> [The problem]: Only lines with the string "unmatched" are wanted. Pull them out of the data.

[[ Input data, beginning ]]

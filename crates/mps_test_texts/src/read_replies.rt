//! mps_line: a reply is read exactly where it has a reply's form, and has its code; and so are first lines.
ghost use Rattle.std.specs.Prelude.{◌≡◌, IfOk};

use mps_base::write_number;
use mps_line::laws::one_reply_line;
use mps_line::{LineFault, Reply, read_answer, read_join};
use std::alloc::{AllocGlobal, Global};
use std::process::Abort;

// The reply as it is written, and what that is read as.
fn again(alloc: Global, reply: &Reply) -> Result<(Vec<u8>, Reply), LineFault>
    ensures { IfOk result (λ r. r.1 ≡ reply.now) }
{
    one_reply_line();
    let mut line = Vec::new(alloc);
    reply.write(&mut line)?;
    let read = read_answer(alloc, &line);
    prove!(!matches!(&read, Err(LineFault::Bad)));
    Ok((line, read?))
}

// What the line is read as, in words.
fn shown(rt: &(impl Abort + AllocGlobal), reply: &Reply) -> String {
    format!(in rt.alloc(); "{reply:?}").expect(rt, "memory")
}

// The reply of the line.
fn reply(rt: &(impl Abort + AllocGlobal), line: &[u8]) -> Reply {
    read_answer(rt.alloc(), line).expect(rt, "a reply")
}

// What the reply is written as, and whether that is read as this reply.
fn written(rt: &(impl Abort + AllocGlobal), reply: &Reply) -> (Vec<u8>, bool) {
    let (line, read) = again(rt.alloc(), reply).expect(rt, "the same");
    (line, shown(rt, reply).as_str() == shown(rt, &read).as_str())
}

// A reply's line, and its code.
const REPLIES: &[(&str, u8)] = &[
    // what a step took, if it took something: values of each sort, or a label
    ("done 1", 0),
    ("done 0", 0),
    ("done 18446744073709551615 true", 0),
    ("done 2 -5", 0),
    ("done 6 ok", 0),
    ("done 3 \"good day\"", 0),
    ("done 3 \" 5 \"", 0),
    ("done 3 \"\"", 0),
    // steps that were taken back, and news
    ("undone", 0),
    ("undone 3", 0),
    ("undone 4 3 2 1", 0),
    ("undone 0 18446744073709551615", 0),
    ("news 0", 0),
    ("news 5 4", 0),
    ("news 100000 3 2 1", 0),
    // a shown session: any line that begins with a brace
    ("{}", 0),
    ("{x", 0),
    ("{\"a\": [1,  2], \"b ", 0),
    // that a connection joined
    ("joined 1 a", 0),
    ("joined 18446744073709551615 role_2", 0),
    // refusals, each with the code of FORMATS
    ("refused ended", 1),
    ("refused wrongact", 2),
    ("refused wrongpeer", 3),
    ("refused wrongsort", 4),
    ("refused nolabel", 5),
    ("refused nothingqueued", 6),
    ("refused mismatch", 7),
    ("refused nostep", 8),
    ("refused notyours", 9),
    ("refused needed 2", 10),
    ("refused nomark", 11),
    ("refused full", 12),
    ("refused memory", 13),
    ("refused line", 14),
    ("refused nosession", 15),
    ("refused norole", 16),
    ("refused taken", 17),
    ("refused final 4", 18),
    ("refused final 0", 18),
    ("refused final 18446744073709551615", 18),
    ("refused number", 19),
    ("refused busy", 20),
    ("refused journal", 21),
    ("refused elsewhere", 22),
];

// Whether the line is read as a reply, which is written and read again.
fn is_read_again(rt: &(impl Abort + AllocGlobal), line: &[u8]) -> bool {
    let (written, is_same) = written(rt, &reply(rt, line));
    is_same && written.as_slice() == line
}

// `mps_line::read_answer` reads each kind of reply, `Reply::code` gives its code, and `Reply::write` writes the same
// line again.
#[test]
fn each_kind_of_reply_is_read_and_written_again(rt: HostRuntime) {
    for (line, code) in REPLIES {
        assert_eq!(rt;
            reply(&rt, line.as_bytes()).code(),
            *code,
            "the code of {line}"
        );
        assert!(rt;
            is_read_again(&rt, line.as_bytes()),
            "`{line}` is written again"
        );
    }
}

// Lines that are no replies.
const BAD_REPLIES: &[&str] = &[
    // nothing, and `done` with a part too few, too many, or in another spelling
    "",
    " ",
    "done",
    "done ",
    "done 01",
    "done 1 ",
    "done  1",
    "done 1  5",
    "done 1 5 6",
    "done 1 05",
    "done 1 end",
    "done 1 \"x",
    "done x",
    "Done 1",
    "done 18446744073709551616",
    // `undone` and `news`: a number missing or in another spelling, a space too many
    "undone ",
    "undone  3",
    "undone 3 ",
    "undone 3  2",
    "undone 03",
    "undone 3 x",
    "undone 18446744073709551616",
    "undone3",
    "news",
    "news ",
    "news  3",
    "news 3 ",
    "news x",
    "news 3 x",
    "news 03",
    "news 3 02",
    // `joined` has a number and a name, each in its one spelling
    "joined",
    "joined 1",
    "joined 1 ",
    "joined 01 a",
    "joined 1 A",
    "joined 1 end",
    "joined 1 a b",
    "joined 18446744073709551616 a",
    // `needed` and `final` have one number, in its one spelling
    "refused",
    "refused ",
    "refused needed",
    "refused needed ",
    "refused needed 02",
    "refused needed 2 ",
    "refused needed x",
    "refused needed final",
    "refused final",
    "refused final ",
    "refused final  3",
    "refused final 02",
    "refused final 00",
    "refused final 2 ",
    "refused final 2 3",
    "refused final -2",
    "refused final x",
    "refused final 18446744073709551616",
    "refused final2",
    "refused finals 2",
    "refused fina 2",
    "refused Final 2",
    "refused  final 2",
    "final 2",
    // other refusals have no number, and no word is shorter or longer
    "refused  full",
    "refused full ",
    "refused full 3",
    "refused Full",
    "refused wrong",
    "refused it",
    "refused number ",
    "refused number 3",
    "refused journal 3",
    "refused numbers",
    // a shown session begins with its brace, and has bytes from the space to `~` alone
    " {x",
    "{x\n",
    "{\t}",
    "{\x7f}",
    "{é}",
    // commands and first lines are no replies
    "show",
    "undo 3",
    "join 1 a",
];

// Whether the line is read as no reply.
fn is_bad_reply(alloc: Global, line: &str) -> bool {
    matches!(read_answer(alloc, line.as_bytes()), Err(LineFault::Bad))
}

// `mps_line::read_answer` says `Bad` of these lines, which are no replies.
#[test]
fn a_line_that_is_no_reply_is_bad(rt: HostRuntime) {
    for line in BAD_REPLIES {
        assert!(rt; is_bad_reply(rt.alloc(), line), "`{line}` is no reply");
    }
}

// The words, and after them the numbers from 1 to this one.
fn numbered(rt: &(impl Abort + AllocGlobal), words: &[u8], last: u64) -> Vec<u8> {
    let mut line = Vec::from_slice(rt.alloc(), words).expect(rt, "memory");
    for number in 1..=last {
        line.push(b' ').expect(rt, "memory");
        write_number(number, &mut line).expect(rt, "memory");
    }
    line
}

// Words, and how many numbers stand behind them, from 1 on.
const LONG: &[(&str, u64)] = &[("undone", 1_000), ("news 7", 1_000), ("{", 20_000)];

// `mps_line::read_answer` reads replies of any length: 1,000 step numbers, and over 100,000 bytes that a brace makes a
// shown session.
#[test]
fn a_reply_of_any_length_is_read(rt: HostRuntime) {
    for (words, last) in LONG {
        let line = numbered(&rt, words.as_bytes(), *last);
        assert!(rt;
            is_read_again(&rt, &line),
            "`{words}` and its numbers are written again"
        );
    }
}

// A first line, the session that it joins, and the role.
const JOINS: &[(&str, u64, &str)] = &[
    ("join 1 a", 1, "a"),
    ("join 0 role_2", 0, "role_2"),
    ("join 18446744073709551615 join", u64::MAX, "join"),
];

// Lines that don't join: a part too few, too many or in another spelling, and other words.
const BAD_JOINS: &[&str] = &[
    "",
    "join",
    "join ",
    "join 1",
    "join 1 ",
    "join a",
    "join 01 a",
    "join 1 A",
    "join 1 end",
    "join 1  a",
    "join  1 a",
    "join 1 a ",
    "join 1 a b",
    " join 1 a",
    "Join 1 a",
    "joined 1 a",
    "join 18446744073709551616 a",
    "show",
];

// Whether the line is read as one that joins that session and role.
fn is_join(line: &str, session: u64, name: &str) -> bool {
    match read_join(line.as_bytes()) {
        Ok(pass) => pass.0 == session && pass.1.as_bytes() == name.as_bytes(),
        Err(_) => false,
    }
}

// Whether the line is read as no first one.
fn is_bad_join(line: &str) -> bool {
    matches!(read_join(line.as_bytes()), Err(LineFault::Bad))
}

// `mps_line::read_join` reads `join`, a number below 2^64 and a name, each in its one spelling, and says `Bad` of the
// other lines here.
#[test]
fn a_join_has_one_spelling(rt: HostRuntime) {
    for (line, session, name) in JOINS {
        assert!(rt; is_join(line, *session, name), "what `{line}` joins");
    }
    for line in BAD_JOINS {
        assert!(rt; is_bad_join(line), "`{line}` is no join");
    }
}
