// The task of that command; none of `serve` and `host`, which are orders of their own, or of an unknown one.
fn task_in<'a>(command: &str, file: ProtocolFile<'a>, found: &ArgMatches<'a>) -> Option<Task<'a>> {
    match command {
        "check" => Some(Task::Check { file }),
        "run" => run_in(file, found),
        "same" => same_in(file, found),
        _ => None,
    }
}

// The order that stands in the words, as they matched the commands. There is one, since clap has looked at each word;
// no clause of clap's says so.
fn order_in<'a>(matches: &ArgMatches<'a>) -> Option<Order<'a>>
    ensures { IfSome result IsInRange }
{
    let (command, found) = matches.subcommand()?;
    let file = file_in(found)?;
    match command {
        "serve" => return serve_in(file, found),
        "host" => return host_in(file, found),
        _ => {}
    }
    Some(Order::Offline {
        task: task_in(command, file, found)?,
        verbose: found.get_flag(VERBOSE),
    })
}

// What clap says of words that match no command, without blanks at its end.
fn text_of(alloc: Global, error: &Error) -> Result<String, AllocError> {
    let text = format!(in alloc; "{error}")?;
    String::from_str(alloc, text.as_str().trim_end())
}

// What comes of words that match no command: they ask how the program is used, or are refused.
fn unmatched<'a>(alloc: Global, error: &Error) -> Result<Order<'a>, UseFault>
    ensures { IfOk result IsInRange }
{
    if error.kind() == ErrorKind::OutOfMemory {
        return Err(UseFault::Memory);
    }
    let text = text_of(alloc, error)?;
    if error.use_stderr() {
        return Err(UseFault::Usage { text });
    }
    Ok(Order::Offline {
        task: Task::Help { text },
        verbose: false,
    })
}

// The order that stands in the words, as they matched the commands. If there is none after all, a word is missing.
fn matched<'a>(alloc: Global, matches: &ArgMatches<'a>) -> Result<Order<'a>, UseFault>
    ensures range { IfOk result IsInRange }
    ensures fault { IfErr result (Says missing) }
{
    match order_in(matches) {
        Some(order) => Ok(order),
        None => Err(usage(alloc, MISSING)),
    }
}

/// Reads the order that stands in the words, of which the first is the program's name. Words that ask for help or the
/// version are an order too; of wrong ones the fault has what clap says.
pub fn order<'a>(alloc: Global, words: &'a [&'a str]) -> Result<Order<'a>, UseFault>
    ensures ranges { IfOk result IsInRange }
{
    match program(alloc)?.try_get_matches_from(words) {
        Ok(matches) => matched(alloc, &matches),
        Err(error) => unmatched(alloc, &error),
    }
}

/// The words that the program is called with, of which the first is its name. One that is no UTF-8 is a fault of use.
pub fn words_of<R: Env + AllocGlobal>(rt: &R) -> Result<Vec<String>, UseFault>
    ensures { IfErr result (Says no_text) }
{
    match env::args(rt) {
        Ok(words) => Ok(words.collect(rt.alloc())?),
        Err(error) if error.kind() == io::ErrorKind::OutOfMemory => Err(UseFault::Memory),
        Err(_) => Err(usage(rt.alloc(), NO_TEXT)),
    }
}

[[ Input data, end ]]

> [Solution]:
fn unmatched<'a>(alloc: Global, error: &Error) -> Result<Order<'a>, UseFault>
        Err(error) => unmatched(alloc, &error),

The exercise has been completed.